Input
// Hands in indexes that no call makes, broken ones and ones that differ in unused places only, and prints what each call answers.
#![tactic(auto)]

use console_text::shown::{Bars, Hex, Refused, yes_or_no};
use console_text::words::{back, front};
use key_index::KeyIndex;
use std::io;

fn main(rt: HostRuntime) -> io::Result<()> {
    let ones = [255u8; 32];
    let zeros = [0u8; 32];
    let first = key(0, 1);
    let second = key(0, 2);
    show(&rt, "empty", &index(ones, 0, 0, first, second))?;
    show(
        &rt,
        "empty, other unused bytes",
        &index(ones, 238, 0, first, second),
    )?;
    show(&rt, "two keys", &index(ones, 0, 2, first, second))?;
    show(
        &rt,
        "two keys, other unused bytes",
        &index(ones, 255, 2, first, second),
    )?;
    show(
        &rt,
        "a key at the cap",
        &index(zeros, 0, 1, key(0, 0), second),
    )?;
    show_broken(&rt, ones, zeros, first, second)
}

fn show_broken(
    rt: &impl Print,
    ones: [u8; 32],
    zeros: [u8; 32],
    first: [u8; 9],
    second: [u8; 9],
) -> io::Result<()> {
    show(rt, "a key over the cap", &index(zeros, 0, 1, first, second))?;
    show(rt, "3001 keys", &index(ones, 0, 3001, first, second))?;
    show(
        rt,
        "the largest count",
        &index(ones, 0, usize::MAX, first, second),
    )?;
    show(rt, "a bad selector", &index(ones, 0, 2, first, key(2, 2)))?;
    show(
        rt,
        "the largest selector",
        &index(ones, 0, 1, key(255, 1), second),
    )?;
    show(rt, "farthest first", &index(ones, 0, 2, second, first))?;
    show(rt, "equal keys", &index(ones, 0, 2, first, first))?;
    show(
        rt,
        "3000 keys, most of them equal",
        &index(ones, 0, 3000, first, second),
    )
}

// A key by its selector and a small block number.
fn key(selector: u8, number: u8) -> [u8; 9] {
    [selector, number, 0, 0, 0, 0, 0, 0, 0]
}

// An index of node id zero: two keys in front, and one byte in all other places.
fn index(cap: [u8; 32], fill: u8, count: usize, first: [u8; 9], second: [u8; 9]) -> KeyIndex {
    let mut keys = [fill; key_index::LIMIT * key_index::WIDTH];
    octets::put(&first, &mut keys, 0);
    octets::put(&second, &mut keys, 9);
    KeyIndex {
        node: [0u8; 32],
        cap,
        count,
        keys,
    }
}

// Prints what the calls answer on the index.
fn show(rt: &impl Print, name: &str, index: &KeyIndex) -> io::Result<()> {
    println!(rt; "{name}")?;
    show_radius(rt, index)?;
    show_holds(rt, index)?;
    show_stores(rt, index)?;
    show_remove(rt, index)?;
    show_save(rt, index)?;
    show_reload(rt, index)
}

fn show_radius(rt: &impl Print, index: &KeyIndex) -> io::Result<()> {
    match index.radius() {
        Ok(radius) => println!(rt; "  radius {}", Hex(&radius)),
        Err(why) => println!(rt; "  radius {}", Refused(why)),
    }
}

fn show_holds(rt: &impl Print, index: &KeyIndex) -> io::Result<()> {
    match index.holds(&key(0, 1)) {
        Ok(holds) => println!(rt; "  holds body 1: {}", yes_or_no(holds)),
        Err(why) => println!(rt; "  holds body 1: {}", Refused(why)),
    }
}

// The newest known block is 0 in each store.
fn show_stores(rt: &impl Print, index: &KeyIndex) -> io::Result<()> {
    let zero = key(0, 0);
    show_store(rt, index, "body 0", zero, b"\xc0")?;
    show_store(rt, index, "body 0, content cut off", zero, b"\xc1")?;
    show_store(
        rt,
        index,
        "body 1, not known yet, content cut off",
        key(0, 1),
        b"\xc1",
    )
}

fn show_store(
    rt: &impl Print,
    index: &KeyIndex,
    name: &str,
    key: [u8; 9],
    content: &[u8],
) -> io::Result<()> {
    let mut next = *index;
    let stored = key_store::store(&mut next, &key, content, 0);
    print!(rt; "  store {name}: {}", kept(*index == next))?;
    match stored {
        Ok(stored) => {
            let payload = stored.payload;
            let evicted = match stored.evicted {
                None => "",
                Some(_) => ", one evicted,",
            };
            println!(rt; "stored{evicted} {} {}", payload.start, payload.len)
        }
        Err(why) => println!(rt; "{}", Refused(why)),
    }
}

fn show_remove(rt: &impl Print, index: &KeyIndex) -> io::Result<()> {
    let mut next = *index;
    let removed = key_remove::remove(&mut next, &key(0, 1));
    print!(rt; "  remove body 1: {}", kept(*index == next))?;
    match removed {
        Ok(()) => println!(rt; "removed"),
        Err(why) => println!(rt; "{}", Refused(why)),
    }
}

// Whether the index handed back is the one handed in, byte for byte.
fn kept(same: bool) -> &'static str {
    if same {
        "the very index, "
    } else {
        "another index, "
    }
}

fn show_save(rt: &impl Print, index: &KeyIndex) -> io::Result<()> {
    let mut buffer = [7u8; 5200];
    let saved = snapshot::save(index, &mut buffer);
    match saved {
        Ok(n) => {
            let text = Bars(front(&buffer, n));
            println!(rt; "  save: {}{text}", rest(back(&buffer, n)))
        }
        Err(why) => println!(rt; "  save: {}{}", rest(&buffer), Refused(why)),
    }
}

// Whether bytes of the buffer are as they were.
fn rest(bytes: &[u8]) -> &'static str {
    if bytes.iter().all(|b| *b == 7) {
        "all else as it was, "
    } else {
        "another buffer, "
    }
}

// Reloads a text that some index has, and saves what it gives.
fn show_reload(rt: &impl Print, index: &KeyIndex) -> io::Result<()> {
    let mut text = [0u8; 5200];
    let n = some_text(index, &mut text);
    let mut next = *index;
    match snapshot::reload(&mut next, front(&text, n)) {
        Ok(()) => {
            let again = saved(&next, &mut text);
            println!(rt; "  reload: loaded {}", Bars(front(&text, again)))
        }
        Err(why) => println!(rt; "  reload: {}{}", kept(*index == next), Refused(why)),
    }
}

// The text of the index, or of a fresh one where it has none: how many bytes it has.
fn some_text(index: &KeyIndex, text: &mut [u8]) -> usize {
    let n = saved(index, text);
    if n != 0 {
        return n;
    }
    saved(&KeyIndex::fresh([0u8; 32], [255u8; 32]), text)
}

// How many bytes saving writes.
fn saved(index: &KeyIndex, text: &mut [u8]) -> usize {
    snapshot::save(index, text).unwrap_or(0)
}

What the exercise asks
Pick out every line of the listing containing the word "body", and show those lines.

Response box
        Ok(holds) => println!(rt; "  holds body 1: {}", yes_or_no(holds)),
        Err(why) => println!(rt; "  holds body 1: {}", Refused(why)),
    show_store(rt, index, "body 0", zero, b"\xc0")?;
    show_store(rt, index, "body 0, content cut off", zero, b"\xc1")?;
        "body 1, not known yet, content cut off",
    print!(rt; "  remove body 1: {}", kept(*index == next))?;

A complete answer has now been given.